Milagro Sala, presa política.
Milagro Sala, como antes sucedió con la también jujeña Romina Tejerina, será seguramente motivo de debate en varios de los talleres que abordan la temática de los derechos humanos, cárceles y condiciones de detención.
Y también, como en otros temas, habrá confrontación respecto a quiénes defienden a la dirigente de la Tupac Amaru y quiénes consideran que debe estar presa. Sin embargo, a nueve meses de su detención, y con infinidad de irregularidades en las causas por las que es acusada, sin condena y con su organización perseguida, Milagro se yergue hoy como una víctima del poder político y judicial, racista y machista.
Rectores y decanos de diferentes universidades del país, la visitaron el 1 de octubre en la cárcel de Alto Comedero. El decano de la Facultad de Filosofía de la Universidad Nacional de Córdoba, Diego Tatián, le entregó el Premio José María Aricó 2016 al Compromiso Social y Político. Por ese hecho, Tatián había sido muy maltratado por los medios cordobeses.

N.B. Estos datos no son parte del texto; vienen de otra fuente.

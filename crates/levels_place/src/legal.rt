// Of the scratch's areas (`graph_words::areas`) FIRST and SECOND have the first and the second numbers, QUEUE the nodes, MERGED the levels by
// old number, and TALLY ends in the counts of the levels: level i has the word 6n - i, in the model 4n - i. The callers have seen to the
// room and the ranges.
ghost use Rattle.std.specs.Prelude.{◌≡◌, cond, ◌+◌, ◌*◌, ◌≤◌, ◌<◌, length, map};
ghost use Rattle.basis.specs.Lists.{up_from, greatest};
ghost use Rattle.laws.specs.Scratch.{second_area, areas_end};
ghost use Rattle.levels_laws.specs.Areas.{work_of, held_of};
ghost use Rattle.levels_laws.specs.Tally.{tally, untally};
ghost use Rattle.levels_laws.specs.Model.{slot_at, count_of, slots, peak_of, words_by, levels_by, goes_second, chosen, Readable, Countable, Full, Placeable};

use graph_words::areas::{AREAS, MERGED, SECOND};

// The count word of the p-th node of the queue, by the numbers that start at base.
fn slot(scratch: &[u16], n: usize, base: usize, s: usize, t: usize, p: usize) -> usize
    requires n_in_bounds { areas_end n ≤ length scratch.now }
    requires readable { Readable n base s t (work_of n scratch.now) }
    requires s_le_p { (s ≤ p) × (p < t) }
    ensures { result ≡ 2 * n + slot_at n base (work_of n scratch.now) p }
{
    let z = usize::from(scratch[n + p]);
    let i = usize::from(scratch[base + z - 1]);
    AREAS * n - i
}

// Adds the nodes s..t of the queue to the counts. Returns the greatest count that it writes: counts only grow, so it is the
// greatest of the levels that the nodes touch.
fn raise(scratch: &mut [u16], n: usize, base: usize, s: usize, t: usize) -> usize
    requires n_in_bounds { areas_end n ≤ length scratch.old }
    requires countable { Countable n base s t (work_of n scratch.old) }
    ensures value { result ≡ peak_of n base s t (work_of n scratch.old) }
    ensures scratch_value { work_of n scratch.new ≡ tally (work_of n scratch.old) (slots n base s t (work_of n scratch.old)) }
    ensures scratch_value_2 { held_of n scratch.new ≡ held_of n scratch.old }
{
    let mut top: usize = 0;
    for p in s..t {
        let at = slot(scratch, n, base, s, t, p);
        let c = scratch[at] + 1;
        scratch[at] = c;
        top = top.max(usize::from(c));
    }
    top
}

// Takes the nodes s..t of the queue from the counts, which hold them.
fn lower(scratch: &mut [u16], n: usize, base: usize, s: usize, t: usize)
    requires n_in_bounds { areas_end n ≤ length scratch.old }
    requires full { Full n base s t (work_of n scratch.old) }
    ensures scratch_value { work_of n scratch.new ≡ untally (work_of n scratch.old) (slots n base s t (work_of n scratch.old)) }
    ensures scratch_value_2 { held_of n scratch.new ≡ held_of n scratch.old }
{
    for p in s..t {
        let at = slot(scratch, n, base, s, t, p);
        scratch[at] -= 1;
    }
}

// h, or l: the greatest count among the levels that the piece touches. The counts are as before.
fn peak(scratch: &mut [u16], n: usize, base: usize, s: usize, t: usize) -> usize
    requires n_in_bounds { areas_end n ≤ length scratch.old }
    requires countable { Countable n base s t (work_of n scratch.old) }
    ensures value { result ≡ peak_of n base s t (work_of n scratch.old) }
    ensures scratch_value { work_of n scratch.new ≡ work_of n scratch.old }
    ensures scratch_value_2 { held_of n scratch.new ≡ held_of n scratch.old }
{
    let h = raise(scratch, n, base, s, t);
    lower(scratch, n, base, s, t);
    h
}

// Gives the nodes s..t of the queue their numbers as levels.
fn put(scratch: &mut [u16], n: usize, base: usize, s: usize, t: usize)
    requires readable { Readable n base s t (work_of n scratch.old) }
    requires n_in_bounds { n ≤ length (held_of n scratch.old) }
    ensures scratch_value { work_of n scratch.new ≡ work_of n scratch.old }
    ensures scratch_value_2 { held_of n scratch.new ≡ levels_by n base s t (work_of n scratch.old) (held_of n scratch.old) }
{
    for p in s..t {
        let z = usize::from(scratch[n + p]);
        scratch[MERGED * n + z - 1] = scratch[base + z - 1];
    }
}

// Places the nodes s..t of the queue by the numbers that start at base.
pub fn settle(scratch: &mut [u16], n: usize, base: usize, s: usize, t: usize)
    requires countable { Countable n base s t (work_of n scratch.old) }
    requires n_in_bounds { n ≤ length (held_of n scratch.old) }
    ensures scratch_value { work_of n scratch.new ≡ words_by n base s t (work_of n scratch.old) }
    ensures scratch_value_2 { held_of n scratch.new ≡ levels_by n base s t (work_of n scratch.old) (held_of n scratch.old) }
{
    put(scratch, n, base, s, t);
    raise(scratch, n, base, s, t);
}

// Where the numbers start that a piece goes by: "by first numbers if h < l, by second if l < h. If equal, by first unless u's
// width is less than v's", which narrow says.
fn choose(n: usize, h: usize, l: usize, narrow: bool) -> usize
    requires { n ≤ 4096 }
    ensures { result ≡ cond (goes_second h l narrow) (second_area n) 0 }
{
    if l < h {
        return SECOND * n;
    }
    if h < l {
        return 0;
    }
    if narrow { SECOND * n } else { 0 }
}

// Places the piece s..t of the queue against the counts as they now are.
pub fn place(scratch: &mut [u16], n: usize, s: usize, t: usize, narrow: bool)
    requires { Placeable n s t (work_of n scratch.old) (held_of n scratch.old) }
    ensures scratch_value { work_of n scratch.new ≡ words_by n (chosen n s t narrow (work_of n scratch.old)) s t (work_of n scratch.old) }
    ensures scratch_value_2 { held_of n scratch.new ≡ levels_by n (chosen n s t narrow (work_of n scratch.old)) s t (work_of n scratch.old) (held_of n scratch.old) }
{
    let h = peak(scratch, n, 0, s, t);
    let l = peak(scratch, n, SECOND * n, s, t);
    let base = choose(n, h, l, narrow);
    settle(scratch, n, base, s, t);
}

// The greatest count of the levels 1..k.
pub fn widest(scratch: &[u16], n: usize, k: usize) -> usize
    requires { (n ≤ 4096) × (k ≤ n) × (areas_end n ≤ length scratch.now) }
    ensures { result ≡ greatest (map (count_of n (work_of n scratch.now)) (up_from 1 k)) }
{
    let mut top: usize = 0;
    for i in 1..=k {
        top = top.max(usize::from(scratch[AREAS * n - i]));
    }
    top
}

Militantes del Comité por la Libertad de Milagro Sala de Córdoba también visitaron a la dirigente tupaquera y recorrieron las obras de esa organización social, que incluye viviendas dignas para la gente más humilde, escuelas, centros culturales, bibliotecas, parques acuáticos, canchas y clubes de fútbol. Mucho más de lo que la clase política jujeña construyó en los últimos años.

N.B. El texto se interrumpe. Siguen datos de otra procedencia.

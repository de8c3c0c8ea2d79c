// The two orders that a graph is numbered in: that of the run, and that of document 02's A.3.
#[derive(Clone, Copy)]
pub enum Order {
    GibbsPooleStockmeyer,
    ReverseCuthillMcKee,
}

Con Milagro, se encuentran varias mujeres más detenidas, también dirigentes de la Tupac Amaru. Algunas de ellas tienen varios hijos, que sólo las visitan algunos días a la semana, en una clara violación a los derechos y garantías constitucionales. La prisión preventiva es un instituto de excepción que sólo puede aplicarse cuando existe peligro de fuga o de destrucción de pruebas.